$\int_{-\infty}^{\infty} {\rm exp}\left(\frac{i b t - a}{t^2 + 1}\right) - {\rm exp}\left(\frac{i b}{t} - \frac{1}{t^2}\right) {\rm d}t$
Because of the symmetry, your integral becomes
$$\begin{aligned}
&2\int_{0}^{\infty}
\left ( e^{\displaystyle{-\frac{\alpha}{1+t^2} } }
\cos\left ( \frac{\beta t}{1+t^2} \right )
-e^{\displaystyle{-\frac{1}{t^2} } }
\cos\left ( \frac{\beta}{t} \right )
\right ) \text{d}t\\
=&2\int_{0}^{\infty}
\frac{1}{t^2} \left ( e^{-\alpha} e^{\displaystyle{\frac{\alpha}{1+t^2} }}
\cos\left ( \frac{\beta t}{1+t^2} \right )-e^{-t^2}\cos(\beta t)\right ) \text{d}t.
\end{aligned}$$
The second integral is trivial,
$$
\int_{0}^{\infty}t^{\rho-1}e^{-t^2}\cos(\beta t)\text{d}t
=\frac{1}{2}\Gamma\left ( \frac{\rho}{2} \right )

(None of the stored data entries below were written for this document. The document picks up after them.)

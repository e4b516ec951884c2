//! The elements of types in a store.
#![tactic(auto)]

mod laws;
mod sealed;

pub use laws::sealed_type_laws;
pub use sealed::Sealed;
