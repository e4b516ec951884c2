// A functor that is sealed in a store.
use functor_store::{FunctorId, FunctorStore};
use place_closures::Elements;

/// A functor that is sealed in a store, as elements by their numbers.
#[derive(Clone, Copy)]
pub struct Sealed<'a> {
    pub store: &'a FunctorStore,
    pub id: FunctorId,
}

impl<'a> Elements for Sealed<'a> {
    ghost use Rattle.sealed_types.specs.Sealed.{sizes_in, restrictions_in, IsObjectOf, IsElementOf};

    ghost size = { λ x. sizes_in x.store.now x.id };

    ghost restriction = { λ x. restrictions_in x.store.now x.id };

    ghost can_count = { λ x. IsObjectOf x.store.now x.id };

    ghost can_restrict = { λ x. IsElementOf x.store.now x.id };

    fn count(&self, c: u32) -> u32 {
        self.store.count(self.id, c)
    }

    fn restrict(&self, f: u32, x: u32) -> u32 {
        self.store.restrict(self.id, f, x)
    }
}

{}_1F_1\left ( \frac{\rho}{2};\frac12;-\frac{\beta^2}{4} \right ).
$$
To evaluate the first one, let me introduce two identity,
$$
\int_{0}^{\infty} t^{\mu-1}e^{\displaystyle{\frac{\alpha}{1+t^2} }}\text{d}t
=\frac{\pi}{\displaystyle{2\sin\left(\frac{\pi \mu}{2} \right)}}
\cdot\alpha\cdot{}_1F_1\left (1-\frac{\mu}{2};2;\alpha \right ).
$$
$$\int_{0}^{\infty}x^{\mu-1}\cos\left ( \frac{2\beta x}{1+x^2} \right ) \text{d}x
=-\beta^2\cdot\frac{\pi}{\displaystyle{2\sin \left ( \frac{\pi\mu}{2} \right ) }}
\cdot\mu\cdot{}_2F_3\left ( 1+\frac{\mu}{2},1+\frac{\mu}{2};\frac{3}{2},\frac{3}{2},2;-\frac{\beta^2}{4} \right ).$$
(The proof is omitted.)
Therefore, we might write
$$
\int_{0}^{\infty} t^{\rho-1}e^{\displaystyle{\frac{\alpha}{1+t^2} }}
\cos\left ( \frac{2\beta x}{1+x^2} \right )\text{d}t
=-\frac{\pi^2\alpha\beta^2}{4}\cdot\frac{1}{2\pi i}
\int_{c-i\infty}^{c+i\infty} \frac{{}_2F_3\left ( 1+\frac{\mu}{2},1+\frac{\mu}{2};\frac{3}{2},\frac{3}{2},2;-
\frac{\beta^2}{4}\right)}{\displaystyle{\sin \left ( \frac{\pi\mu}{2} \right ) }}
\frac{{}_1F_1\left (1-\frac{\rho-\mu}{2};2;\alpha \right )}{\displaystyle{\sin\left(\frac{\pi (\rho-\mu)}{2} \right)}}
\mu\text{d}\mu
$$
By using Mellin convolution theorem. Finally, combine two integrals and take the limit as $\rho$ goes to $-1$, the final expression will be found.